Teaching how to make bread
My daughter's friend wants me to show her how to make bread. She has already made bread before, but really likes the loaves I've made. I've told her that it is the Tartine Bread recipe for baguettes and she can get it from the library, but she doesn't think she can learn it from a book.
(I disagree. My belief is that you can learn anything from a well-written book—except talent—and with InterLibrary Loan, the best books in the world are available. Still, I know that a hands-on workshop is more fun than learning solely from a book.)
Problem is, the Tartine recipe takes about 16 hours start to finish, and I haven't figured out a lesson that doesn't keep her waiting around for hours. I can't tell her to go home for the nearly four hours of bulk fermentation, because the dough needs to be stretched and folded every 40 minutes.
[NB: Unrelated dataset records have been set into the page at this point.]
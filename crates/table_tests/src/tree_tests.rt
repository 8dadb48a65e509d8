ghost use Rattle.std.specs.Prelude.{◌≡◌, ◌+◌, IfOk, Some, None};
ghost use Rattle.pgq_base.specs.declared.value.Class.TheVariants.{Number, Text as TextClass, Truth, Date as DateClass};
ghost use Rattle.pgq_base.specs.declared.value.Value.TheVariants as value;
ghost use Rattle.expr_tree.specs.Nodes.{count_of_nodes};

use expr_tree::{
    Comparison, Env, Expr, Leaf, Test, class_of, is_well_classed, map_leaves, nodes, same_expr,
    truth_of, value_of,
};
use pgq_base::{Class, List, NoMemory, Text, Truth3, Value, ValueRef};
use sqlite_items::Boxed;
use std::alloc::{AllocError, Global};
use std::process::Abort;
use std::test::Fail;

// A column of a class. A row has one number and one truth value, and no text.
#[derive(Clone, Copy, Debug, PartialEq, Eq)]
struct Column {
    class: Class,
}

#[derive(Clone, Copy, Debug)]
struct Row {
    number: Option<i64>,
    truth: Option<bool>,
}

impl Leaf for Column {
    ghost class_is = { λ l. l.class };

    fn class(&self) -> Class {
        self.class
    }

    fn same(&self, other: &Column) -> bool {
        *self == *other
    }
}

impl Env<Column> for Row {
    ghost value_at = { λ row l. elim (l.class) [ Number ↦ elim (row.number) [ Some n ↦ value.Number n | None ↦ value.Null ] | TextClass ↦ value.Null | DateClass ↦ value.Null | Truth ↦ elim (row.truth) [ Some b ↦ value.Truth b | None ↦ value.Null ] ] };

    fn get(&self, leaf: &Column) -> ValueRef<'_> {
        match leaf.class {
            Class::Number => match self.number {
                Some(number) => ValueRef::Number(number),
                None => ValueRef::Null,
            },
            Class::Text | Class::Date => ValueRef::Null,
            Class::Truth => match self.truth {
                Some(truth) => ValueRef::Truth(truth),
                None => ValueRef::Null,
            },
        }
    }
}

type Tree = Expr<Column>;

const EMPTY: Row = Row {
    number: None,
    truth: None,
};

fn truth(truth: Truth3) -> Tree {
    match truth {
        Truth3::False => Expr::Lit(Value::Truth(false)),
        Truth3::Unknown => Expr::Null(Class::Truth),
        Truth3::True => Expr::Lit(Value::Truth(true)),
    }
}

// The number, or a Null of its class.
fn number(number: Option<i64>) -> Tree {
    match number {
        Some(number) => Expr::Lit(Value::Number(number)),
        None => Expr::Null(Class::Number),
    }
}

fn text(alloc: Global, text: &str) -> Result<Tree, NoMemory> {
    Ok(Expr::Lit(Value::Text(Text::from_text(alloc, text)?)))
}

fn two(alloc: Global, first: Tree, second: Tree) -> Result<List<Tree>, NoMemory> {
    let mut list = List::new(alloc);
    list.push(first)?;
    list.push(second)?;
    Ok(list)
}

fn compared(alloc: Global, op: Comparison, a: Tree, b: Tree) -> Result<Tree, NoMemory> {
    Ok(Expr::Compare(op, Boxed::new(alloc, a)?, Boxed::new(alloc, b)?))
}

fn truth_at(rt: &impl Abort, expr: &Tree, row: &Row) -> Truth3 {
    assert!(rt; is_well_classed(expr));
    assert!(rt; class_of(expr) == Class::Truth);
    truth_of(expr, row)
}

const F: Truth3 = Truth3::False;

const U: Truth3 = Truth3::Unknown;

const T: Truth3 = Truth3::True;

// Two operands, their AND and their OR.
static JUNCTIONS: [(Truth3, Truth3, Truth3, Truth3); 9] = [
    (F, F, F, F),
    (F, U, F, U),
    (F, T, F, T),
    (U, F, F, U),
    (U, U, U, U),
    (U, T, U, T),
    (T, F, F, T),
    (T, U, U, T),
    (T, T, T, T),
];

fn junction(
    rt: &impl Abort,
    alloc: Global,
    case: (Truth3, Truth3, Truth3, Truth3),
) -> Result<(), NoMemory> {
    let (a, b, both, either) = case;
    let all = Expr::All(two(alloc, truth(a), truth(b))?);
    assert!(rt; truth_at(rt, &all, &EMPTY) == both);
    let any = Expr::Any(two(alloc, truth(a), truth(b))?);
    assert!(rt; truth_at(rt, &any, &EMPTY) == either);
    Ok(())
}

fn negation(rt: &impl Abort, alloc: Global, a: Truth3, want: Truth3) -> Result<(), NoMemory> {
    let not = Expr::Not(Boxed::new(alloc, truth(a))?);
    assert!(rt; truth_at(rt, &not, &EMPTY) == want);
    Ok(())
}

// NOT, AND and OR by Kleene's tables.
#[test]
fn logic(rt: HostRuntime) -> Result<(), Fail> {
    let alloc = rt.alloc();
    negation(&rt, alloc, F, T)?;
    negation(&rt, alloc, U, U)?;
    negation(&rt, alloc, T, F)?;
    for case in &JUNCTIONS {
        junction(&rt, alloc, *case)?;
    }
    Ok(())
}

const LEAST: i64 = -9_223_372_036_854_775_808;

const GREATEST: i64 = 9_223_372_036_854_775_807;

type Comparing = (Comparison, Option<i64>, Option<i64>, Truth3);

static NUMBERS: [Comparing; 18] = [
    (Comparison::Equal, Some(1), Some(1), T),
    (Comparison::Equal, Some(1), Some(2), F),
    (Comparison::Equal, Some(1), None, U),
    (Comparison::Equal, None, Some(1), U),
    (Comparison::Equal, None, None, U),
    (Comparison::NotEqual, Some(1), Some(2), T),
    (Comparison::NotEqual, Some(1), Some(1), F),
    (Comparison::NotEqual, None, None, U),
    (Comparison::Less, Some(LEAST), Some(GREATEST), T),
    (Comparison::Less, Some(GREATEST), Some(LEAST), F),
    (Comparison::Less, Some(3), Some(3), F),
    (Comparison::LessOrEqual, Some(3), Some(3), T),
    (Comparison::LessOrEqual, Some(4), Some(3), F),
    (Comparison::Greater, Some(GREATEST), Some(LEAST), T),
    (Comparison::Greater, Some(3), Some(3), F),
    (Comparison::GreaterOrEqual, Some(3), Some(3), T),
    (Comparison::GreaterOrEqual, Some(LEAST), Some(-1), F),
    (Comparison::GreaterOrEqual, Some(3), None, U),
];

fn numbers(rt: &impl Abort, alloc: Global, case: Comparing) -> Result<(), NoMemory> {
    let (op, a, b, want) = case;
    let expr = compared(alloc, op, number(a), number(b))?;
    assert!(rt; truth_at(rt, &expr, &EMPTY) == want);
    Ok(())
}

// The first text is less than the second: Z is 5A, a is 61, z is 7A, é is C3 A9, and a prefix comes first.
static TEXTS: [(&str, &str); 5] = [("Z", "a"), ("a", "ab"), ("z", "é"), ("", "a"), ("a", "a ")];

fn texts(rt: &impl Abort, alloc: Global, a: &str, b: &str) -> Result<(), NoMemory> {
    let less = compared(alloc, Comparison::Less, text(alloc, a)?, text(alloc, b)?)?;
    assert!(rt; truth_at(rt, &less, &EMPTY) == T);
    let more = compared(
        alloc,
        Comparison::GreaterOrEqual,
        text(alloc, a)?,
        text(alloc, b)?,
    )?;
    assert!(rt; truth_at(rt, &more, &EMPTY) == F);
    Ok(())
}

// The truth of the first operand's being less than the second.
static TRUTHS: [(Truth3, Truth3, Truth3); 5] = [
    (F, T, T),
    (T, F, F),
    (F, F, F),
    (U, T, U),
    (F, U, U),
];

fn truths(
    rt: &impl Abort,
    alloc: Global,
    a: Truth3,
    b: Truth3,
    want: Truth3,
) -> Result<(), NoMemory> {
    let expr = compared(alloc, Comparison::Less, truth(a), truth(b))?;
    assert!(rt; truth_at(rt, &expr, &EMPTY) == want);
    Ok(())
}

// Comparisons: Null on either side, the least and the greatest number, text by bytes, False below True.
#[test]
fn comparisons(rt: HostRuntime) -> Result<(), Fail> {
    let alloc = rt.alloc();
    for case in &NUMBERS {
        numbers(&rt, alloc, *case)?;
    }
    for (a, b) in &TEXTS {
        texts(&rt, alloc, a, b)?;
    }
    for (a, b, want) in &TRUTHS {
        truths(&rt, alloc, *a, *b, *want)?;
    }
    Ok(())
}

// An operand, a test, and the test's truth.
static TESTS: [(Truth3, Test, Truth3); 12] = [
    (F, Test::Null, F),
    (U, Test::Null, T),
    (T, Test::Null, F),
    (F, Test::True, F),
    (U, Test::True, F),
    (T, Test::True, T),
    (F, Test::False, T),
    (U, Test::False, F),
    (T, Test::False, F),
    (F, Test::Unknown, F),
    (U, Test::Unknown, T),
    (T, Test::Unknown, F),
];

fn tested(
    rt: &impl Abort,
    alloc: Global,
    a: Truth3,
    test: Test,
    want: Truth3,
) -> Result<(), NoMemory> {
    let is = Expr::Is(Boxed::new(alloc, truth(a))?, test, false);
    assert!(rt; truth_at(rt, &is, &EMPTY) == want);
    let is_not = Expr::Is(Boxed::new(alloc, truth(a))?, test, true);
    assert!(rt; truth_at(rt, &is_not, &EMPTY) == want.not());
    Ok(())
}

// An operand, two members or bounds, and the truth of IN or of BETWEEN.
type Range = (Option<i64>, Option<i64>, Option<i64>, Truth3);

static LISTS: [Range; 10] = [
    (Some(1), Some(1), Some(2), T),
    (Some(2), Some(1), Some(2), T),
    (Some(3), Some(1), Some(2), F),
    (Some(1), None, Some(1), T),
    (Some(1), Some(1), None, T),
    (Some(2), Some(1), None, U),
    (Some(2), None, Some(1), U),
    (Some(2), None, None, U),
    (None, Some(1), Some(2), U),
    (None, None, None, U),
];

fn listed(rt: &impl Abort, alloc: Global, case: Range, negated: bool) -> Result<(), NoMemory> {
    let (a, b, c, want) = case;
    let list = two(alloc, number(b), number(c))?;
    let expr = Expr::InList(Boxed::new(alloc, number(a))?, list, negated);
    let want = if negated { want.not() } else { want };
    assert!(rt; truth_at(rt, &expr, &EMPTY) == want);
    Ok(())
}

static RANGES: [Range; 12] = [
    (Some(2), Some(1), Some(3), T),
    (Some(1), Some(1), Some(3), T),
    (Some(3), Some(1), Some(3), T),
    (Some(0), Some(1), Some(3), F),
    (Some(4), Some(1), Some(3), F),
    (Some(2), Some(3), Some(1), F),
    (Some(2), Some(1), None, U),
    (Some(2), Some(3), None, F),
    (Some(2), None, Some(3), U),
    (Some(2), None, Some(1), F),
    (None, Some(1), Some(3), U),
    (Some(2), None, None, U),
];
My daughter suggested that I make several batches, each starting at a different time, to compress the lesson. It would start with Shannon mixing the preferment, then I'd say "Let it rise at room temperature overnight, after which it will look like this," at which point I would display an 8-hour-old leaven and say "ta-da!"
Is this how baking schools run a breadmaking class? With all the ta-da steps, it would mean a lot of dough and tight scheduling. Or do the teachers follow the actual schedule and fill the time with "pull out your textbooks, we're going to learn about such-and-such while we wait for the dough to rise"?